## Input material
↓↓↓

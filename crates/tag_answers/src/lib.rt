// What the keyed calls' answers tell, a refusal's too: the number, how many bytes a finish covers, and whether a tag check says yes.
#![tactic(auto)]

mod check;
mod tagged;

pub use check::{check_number, is_yes};
pub use tagged::{covered, number};
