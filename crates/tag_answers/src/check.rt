// The yes or no of a tag check.
ghost use Rattle.std.specs.Prelude.{◌≡◌};
ghost use Rattle.tag_answers.specs.TagCheck.{tag_check_number, tag_check_yes};

use answers::Refusal;

// 0 where the check says yes or no.
pub fn check_number(check: Result<bool, Refusal>) -> u8
    ensures { result ≡ tag_check_number check }
{
    answers::number(check)
}

// Whether the tag is the right one: not on a refusal.
pub fn is_yes(check: Result<bool, Refusal>) -> bool
    ensures { result ≡ tag_check_yes check }
{
    check.unwrap_or(false)
}
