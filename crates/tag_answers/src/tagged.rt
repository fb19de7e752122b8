// The bytes that a keyed finish reports as covered: the message's, without the key block.
ghost use Rattle.std.specs.Prelude.{◌≡◌};
ghost use Rattle.tag_answers.specs.Tagged.{tagged_number, tagged_covered};

use answers::Refusal;
use reports::Length;

// 0 where a tag is written.
pub fn number(tagged: Result<Length, Refusal>) -> u8
    ensures { result ≡ tagged_number tagged }
{
    answers::number(tagged)
}

// Bytes covered: 0 on a refusal.
pub fn covered(tagged: Result<Length, Refusal>) -> u64
    ensures { result ≡ tagged_covered tagged }
{
    tagged.map_or(0, |covered| covered.0)
}
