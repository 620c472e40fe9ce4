// The proved drain and a row of changes as C calls them, for the benchmark: slices in, plain numbers out.
#![tactic(auto)]

ghost use Rattle.std.specs.Prelude.{◌≡◌, MatchOption};
ghost use Rattle.amounts.specs.Draining.{drain_fault, Unchanged};
ghost use Rattle.amounts.specs.Promise.{Promise};
ghost use Rattle.changes.specs.Text.{row_of};
ghost use Rattle.bench_api.specs.Answers.{contents_of, number_of, place_of, drained_of, NothingTold};
ghost use Rattle.bench_api.specs.Rows.{RowTold};

use amounts::answer::Drained;
use amounts::draining::drain;
use changes::failure::Failure;
use changes::row::apply_row;
use changes::text::read_row;
use model::refusal::Refusal;
use model::slices::Slices;
use std::alloc::Global;

// The refusal's number, or 0 where the model was drained; then the looks. The refusal's place, else 0; what rained and what leaves.
// Plain numbers in place of a Result and an enum: the C interface needs it.
#[repr(C)]
#[derive(Clone, Copy)]
pub struct Answer {
    pub refused: u32,
    pub looks: u32,
    pub place: usize,
    pub rain: u64,
    pub leaves: u64,
}

impl From<Drained> for Answer {
    ghost use Rattle.bench_api.specs.Answers.{drained};

    ghost from_gives = { λ d a. a ≡ drained d };

    fn from(drained: Drained) -> Answer {
        Answer {
            refused: 0,
            looks: drained.looks,
            place: 0,
            rain: drained.rain.0,
            leaves: drained.leaves.0,
        }
    }
}

impl From<Refusal> for Answer {
    ghost use Rattle.bench_api.specs.Answers.{refused};

    ghost from_gives = { λ e a. a ≡ refused e };

    fn from(refusal: Refusal) -> Answer {
        Answer {
            refused: refusal.number(),
            looks: 0,
            place: refusal.place(),
            rain: 0,
            leaves: 0,
        }
    }
}

// Drains the model in the bytes of a file into the lent slices. On a refusal nothing is written. Four slices in place of one value:
// the C interface needs it.
#[unsafe(no_mangle)]
pub extern "C" fn zaefmoln_drain(
    bytes: &[u8],
    levels: &mut [u32],
    flow: &mut [u32],
    amounts: &mut [u64],
    work: &mut [u64],
) -> Answer
    ensures refused { result.refused ≡ number_of (drain_fault bytes.now (contents_of levels.old flow.old amounts.old work.old)) }
    ensures place { result.place ≡ place_of (drain_fault bytes.now (contents_of levels.old flow.old amounts.old work.old)) }
    ensures after { MatchOption (drain_fault bytes.now (contents_of levels.old flow.old amounts.old work.old)) (Promise bytes.now (contents_of levels.old flow.old amounts.old work.old) (contents_of levels.new flow.new amounts.new work.new) (drained_of result)) (λ _. Unchanged (contents_of levels.old flow.old amounts.old work.old) (contents_of levels.new flow.new amounts.new work.new) × NothingTold result) }
{
    let mut slices = Slices {
        levels,
        flow,
        amounts,
        work,
    };
    match drain(bytes, &mut slices) {
        Ok(drained) => Answer::from(drained),
        Err(refusal) => Answer::from(refusal),
    }
}

// The number that stands for want of memory, which is no refusal's. A number in place of an enum: the C interface needs it.
const MEMORY: u32 = 10;

// 0 where a row was applied, else the refusal's number or that for want of memory; how many changes were answered; the refusal's place.
// Plain numbers in place of a Result and an enum: the C interface needs it.
#[repr(C)]
#[derive(Clone, Copy)]
pub struct RowAnswer {
    pub failed: u32,
    pub answers: usize,
    pub place: usize,
}

impl From<Failure> for RowAnswer {
    ghost use Rattle.bench_api.specs.Rows.{failed_row};

    ghost from_gives = { λ f a. a ≡ failed_row f };

    fn from(failure: Failure) -> RowAnswer {
        match failure {
            Failure::Refused(why) => RowAnswer {
                failed: why.number(),
                answers: 0,
                place: why.place(),
            },
            Failure::Memory => RowAnswer {
                failed: MEMORY,
                answers: 0,
                place: 0,
            },
        }
    }
}

// Drains the model in the bytes of a file into the lent slices, and applies the row of changes in a text to both. Where it fails
// nothing is written. Four slices in place of one value: the C interface needs it.
#[unsafe(no_mangle)]
pub extern "C" fn zaefmoln_change(
    heap: Global,
    bytes: &mut [u8],
    levels: &mut [u32],
    flow: &mut [u32],
    amounts: &mut [u64],
    work: &mut [u64],
    text: &[u8],
) -> RowAnswer
    ensures { RowTold bytes.old (contents_of levels.old flow.old amounts.old work.old) (row_of text.now) bytes.new (contents_of levels.new flow.new amounts.new work.new) result }
{
    let Ok(row) = read_row(heap, text) else {
        return RowAnswer::from(Failure::Memory);
    };
    let mut lent = Slices {
        levels,
        flow,
        amounts,
        work,
    };
    match apply_row(heap, bytes, &mut lent, &row) {
        Ok(answers) => RowAnswer {
            failed: 0,
            answers: answers.len(),
            place: 0,
        },
        Err(failure) => RowAnswer::from(failure),
    }
}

↑↑↑

## What is expected
What you return should match the data character for character.

## Answer space
filename crates/tag_answers/src/lib.rt
// What the keyed calls' answers tell, a refusal's too: the number, how many bytes a finish covers, and whether a tag check says yes.
#![tactic(auto)]

mod check;
mod tagged;

pub use check::{check_number, is_yes};
pub use tagged::{covered, number};
filename crates/tag_answers/src/check.rt
// The yes or no of a tag check.
ghost use Rattle.std.specs.Prelude.{◌≡◌};
ghost use Rattle.tag_answers.specs.TagCheck.{tag_check_number, tag_check_yes};

use answers::Refusal;

// 0 where the check says yes or no.
pub fn check_number(check: Result<bool, Refusal>) -> u8
    ensures { result ≡ tag_check_number check }
{
    answers::number(check)
}

// Whether the tag is the right one: not on a refusal.
pub fn is_yes(check: Result<bool, Refusal>) -> bool
    ensures { result ≡ tag_check_yes check }
{
    check.unwrap_or(false)
}
filename crates/tag_answers/src/tagged.rt
repository fb19de7e752122b8
// The bytes that a keyed finish reports as covered: the message's, without the key block.
ghost use Rattle.std.specs.Prelude.{◌≡◌};
ghost use Rattle.tag_answers.specs.Tagged.{tagged_number, tagged_covered};

use answers::Refusal;
use reports::Length;

// 0 where a tag is written.
pub fn number(tagged: Result<Length, Refusal>) -> u8
    ensures { result ≡ tagged_number tagged }
{
    answers::number(tagged)
}

// Bytes covered: 0 on a refusal.
pub fn covered(tagged: Result<Length, Refusal>) -> u64
    ensures { result ≡ tagged_covered tagged }
{
    tagged.map_or(0, |covered| covered.0)
}
repository 620c472e40fe9ce4
// The proved drain and a row of changes as C calls them, for the benchmark: slices in, plain numbers out.
#![tactic(auto)]

ghost use Rattle.std.specs.Prelude.{◌≡◌, MatchOption};
ghost use Rattle.amounts.specs.Draining.{drain_fault, Unchanged};
ghost use Rattle.amounts.specs.Promise.{Promise};
ghost use Rattle.changes.specs.Text.{row_of};
ghost use Rattle.bench_api.specs.Answers.{contents_of, number_of, place_of, drained_of, NothingTold};
ghost use Rattle.bench_api.specs.Rows.{RowTold};

use amounts::answer::Drained;
use amounts::draining::drain;
use changes::failure::Failure;
use changes::row::apply_row;
use changes::text::read_row;
use model::refusal::Refusal;
use model::slices::Slices;
use std::alloc::Global;

// The refusal's number, or 0 where the model was drained; then the looks. The refusal's place, else 0; what rained and what leaves.
// Plain numbers in place of a Result and an enum: the C interface needs it.
#[repr(C)]
#[derive(Clone, Copy)]
pub struct Answer {
    pub refused: u32,
    pub looks: u32,
    pub place: usize,
    pub rain: u64,
    pub leaves: u64,
}

impl From<Drained> for Answer {
    ghost use Rattle.bench_api.specs.Answers.{drained};

    ghost from_gives = { λ d a. a ≡ drained d };

    fn from(drained: Drained) -> Answer {
        Answer {
            refused: 0,
            looks: drained.looks,
            place: 0,
            rain: drained.rain.0,
            leaves: drained.leaves.0,
        }
    }
}

impl From<Refusal> for Answer {
    ghost use Rattle.bench_api.specs.Answers.{refused};

    ghost from_gives = { λ e a. a ≡ refused e };

    fn from(refusal: Refusal) -> Answer {
        Answer {
            refused: refusal.number(),
            looks: 0,
            place: refusal.place(),
            rain: 0,
            leaves: 0,
        }
    }
}

// Drains the model in the bytes of a file into the lent slices. On a refusal nothing is written. Four slices in place of one value:
// the C interface needs it.
#[unsafe(no_mangle)]
pub extern "C" fn zaefmoln_drain(
    bytes: &[u8],
    levels: &mut [u32],
    flow: &mut [u32],
    amounts: &mut [u64],
    work: &mut [u64],
) -> Answer
    ensures refused { result.refused ≡ number_of (drain_fault bytes.now (contents_of levels.old flow.old amounts.old work.old)) }
    ensures place { result.place ≡ place_of (drain_fault bytes.now (contents_of levels.old flow.old amounts.old work.old)) }
    ensures after { MatchOption (drain_fault bytes.now (contents_of levels.old flow.old amounts.old work.old)) (Promise bytes.now (contents_of levels.old flow.old amounts.old work.old) (contents_of levels.new flow.new amounts.new work.new) (drained_of result)) (λ _. Unchanged (contents_of levels.old flow.old amounts.old work.old) (contents_of levels.new flow.new amounts.new work.new) × NothingTold result) }
{
    let mut slices = Slices {
        levels,
        flow,
        amounts,
        work,
    };
    match drain(bytes, &mut slices) {
        Ok(drained) => Answer::from(drained),
        Err(refusal) => Answer::from(refusal),
    }
}

// The number that stands for want of memory, which is no refusal's. A number in place of an enum: the C interface needs it.
const MEMORY: u32 = 10;

// 0 where a row was applied, else the refusal's number or that for want of memory; how many changes were answered; the refusal's place.
// Plain numbers in place of a Result and an enum: the C interface needs it.
#[repr(C)]
#[derive(Clone, Copy)]
pub struct RowAnswer {
    pub failed: u32,
    pub answers: usize,
    pub place: usize,
}

impl From<Failure> for RowAnswer {
    ghost use Rattle.bench_api.specs.Rows.{failed_row};

    ghost from_gives = { λ f a. a ≡ failed_row f };

    fn from(failure: Failure) -> RowAnswer {
        match failure {
            Failure::Refused(why) => RowAnswer {
                failed: why.number(),
                answers: 0,
                place: why.place(),
            },
            Failure::Memory => RowAnswer {
                failed: MEMORY,
                answers: 0,
                place: 0,
            },
        }
    }
}

// Drains the model in the bytes of a file into the lent slices, and applies the row of changes in a text to both. Where it fails
// nothing is written. Four slices in place of one value: the C interface needs it.
#[unsafe(no_mangle)]
pub extern "C" fn zaefmoln_change(
    heap: Global,
    bytes: &mut [u8],
    levels: &mut [u32],
    flow: &mut [u32],
    amounts: &mut [u64],
    work: &mut [u64],
    text: &[u8],
) -> RowAnswer
    ensures { RowTold bytes.old (contents_of levels.old flow.old amounts.old work.old) (row_of text.now) bytes.new (contents_of levels.new flow.new amounts.new work.new) result }
{
    let Ok(row) = read_row(heap, text) else {
        return RowAnswer::from(Failure::Memory);
    };
    let mut lent = Slices {
        levels,
        flow,
        amounts,
        work,
    };
    match apply_row(heap, bytes, &mut lent, &row) {
        Ok(answers) => RowAnswer {
            failed: 0,
            answers: answers.len(),
            place: 0,
        },
        Err(failure) => RowAnswer::from(failure),
    }
}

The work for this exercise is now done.